问题
Is there no easy way to remove a specific element from an array, if it is equal to a given string? The workarounds are to find the index of the element of the array you wish to remove, and then removeAtIndex, or to create a new array where you append all elements that are not equal to the given string. But is there no quicker way?
回答1:
You can use filter() to filter your array as follow
var strings = ["Hello","Playground","World"]
strings = strings.filter{$0 != "Hello"}
print(strings) // "[Playground, World]"
edit/update:
Xcode 10 • Swift 4.2 or later
You can use the new RangeReplaceableCollection mutating method called removeAll(where:)
var strings = ["Hello","Playground","World"]
strings.removeAll { $0 == "Hello" }
print(strings) // "[Playground, World]"
If you need to remove only the first occurrence of an element we ca implement a custom remove method on RangeReplaceableCollection constraining the elements to Equatable:
extension RangeReplaceableCollection where Element: Equatable {
@discardableResult
mutating func removeFirstElementEqual(to element: Element) -> Element? {
guard let index = firstIndex(of: element) else { return nil }
return remove(at: index)
}
}
Or using a predicate for non Equatable elements:
extension RangeReplaceableCollection {
@discardableResult
mutating func removeFirstElement(where predicate: @escaping ((Element) -> Bool)) -> Element? {
guard let index = firstIndex(where: predicate) else { return nil }
return remove(at: index)
}
}
var strings = ["Hello","Playground","World"]
strings.removeFirstElementEqual(to: "Hello")
print(strings) // "[Playground, World]"
strings.removeFirstElement { $0 == "Playground" }
print(strings) // "[World]"
回答2:
It's not clear if by quicker you mean in terms of execution time or amount of code.
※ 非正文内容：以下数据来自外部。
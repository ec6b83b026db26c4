// Allocation pots: the count and the flags of each page of a run.
ghost use Rattle.std.specs.Prelude.{◌≡◌, ◌<◌, length};
ghost use Rattle.card.specs.Pot.{entry_at, count_at, flags_at, put_count, put_flags, is_zero, set_zero, clear_zero, fresh_pot};

use card_blocks::{block, number};

// The byte position of entry i.
fn entry_at(i: usize) -> usize
    requires { i < 102 }
    ensures { result ≡ entry_at i }
{
    5 * i
}

#[tactic(auto, unfolding(card::specs::Pot::count_at))]
pub fn count_at(pot: &[u8; 512], i: usize) -> u32
    requires { i < 102 }
    ensures { result ≡ count_at pot.now i }
{
    number::get_u32(pot, entry_at(i))
}

#[tactic(auto, unfolding(card::specs::Pot::flags_at))]
pub fn flags_at(pot: &[u8; 512], i: usize) -> u8
    requires { i < 102 }
    ensures { result ≡ flags_at pot.now i }
{
    pot[entry_at(i) + 4]
}

#[tactic(auto, unfolding(card::specs::Pot::put_count))]
pub fn put_count(pot: &mut [u8; 512], i: usize, n: u32)
    requires { i < 102 }
    ensures { pot.new ≡ put_count pot.old i n }
{
    number::put_u32(pot, entry_at(i), n);
}

pub fn put_flags(pot: &mut [u8; 512], i: usize, flags: u8)
    requires { i < 102 }
    ensures { pot.new ≡ put_flags pot.old i flags }
{
    pot[entry_at(i) + 4] = flags;
}

// Do the flags say that the page is all zeros?
pub fn is_zero(flags: u8) -> bool
    ensures { result ≡ is_zero flags }
{
    flags & 1 == 1
}

pub fn set_zero(flags: u8) -> u8
    ensures { result ≡ set_zero flags }
{
    flags | 1
}

pub fn clear_zero(flags: u8) -> u8
    ensures { result ≡ clear_zero flags }
{
    flags & 254
}

// A formatted pot.
pub fn fresh() -> [u8; 512]
    ensures { result ≡ fresh_pot }
{
    let mut pot = block::empty();
    for i in 0..102 {
        put_flags(&mut pot, i, 1);
    }
    pot
}
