// Code of `card`: home ranges, the place of an OID, allocation pots.
#![tactic(auto)]

pub mod pot;
pub mod range;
In the latter case you can easily create a copy using the filter method. For example, given the following array:
let array = ["1", "2", "3", "4", "5"]
you can create a copy with all elements but "2" as:
let filteredArray = array.filter { $0 != "2" }
回答3:
Using filter like suggested above is nice. But if you want to remove only one occurrence of a value or you assume there are no duplicates in the array and you want a faster algorithm, use this (in Swift3):
if let index = array.index(of: "stringToRemove") {
array.remove(at: index)
} else {
// not found
}
回答4:
You'll want to use filter(). If you have a single element (called say obj) to remove, then the filter() predicate will be { $0 != obj }. If you do this repeatedly for a large array this might be a performance issue. If you can defer removing individual objects and want to remove an entire sub-array then use something like:
var stringsToRemove : [String] = ...
var strings : [String] = ...
strings.filter { !contains(stringsToRemove, $0) }
for example:
1> ["a", "b", "c", "d"].filter { !contains(["b", "c"], $0) }
$R5: [String] = 2 values {
[0] = "a"
[1] = "d"
}
回答5:
You could use filter() in combination with operator overloading to produce an easily repeatable solution:
func -= (inout left: [String], right: String){
left = left.filter{$0 != right}
}
var myArrayOfStrings:[String] = ["Hello","Playground","World"]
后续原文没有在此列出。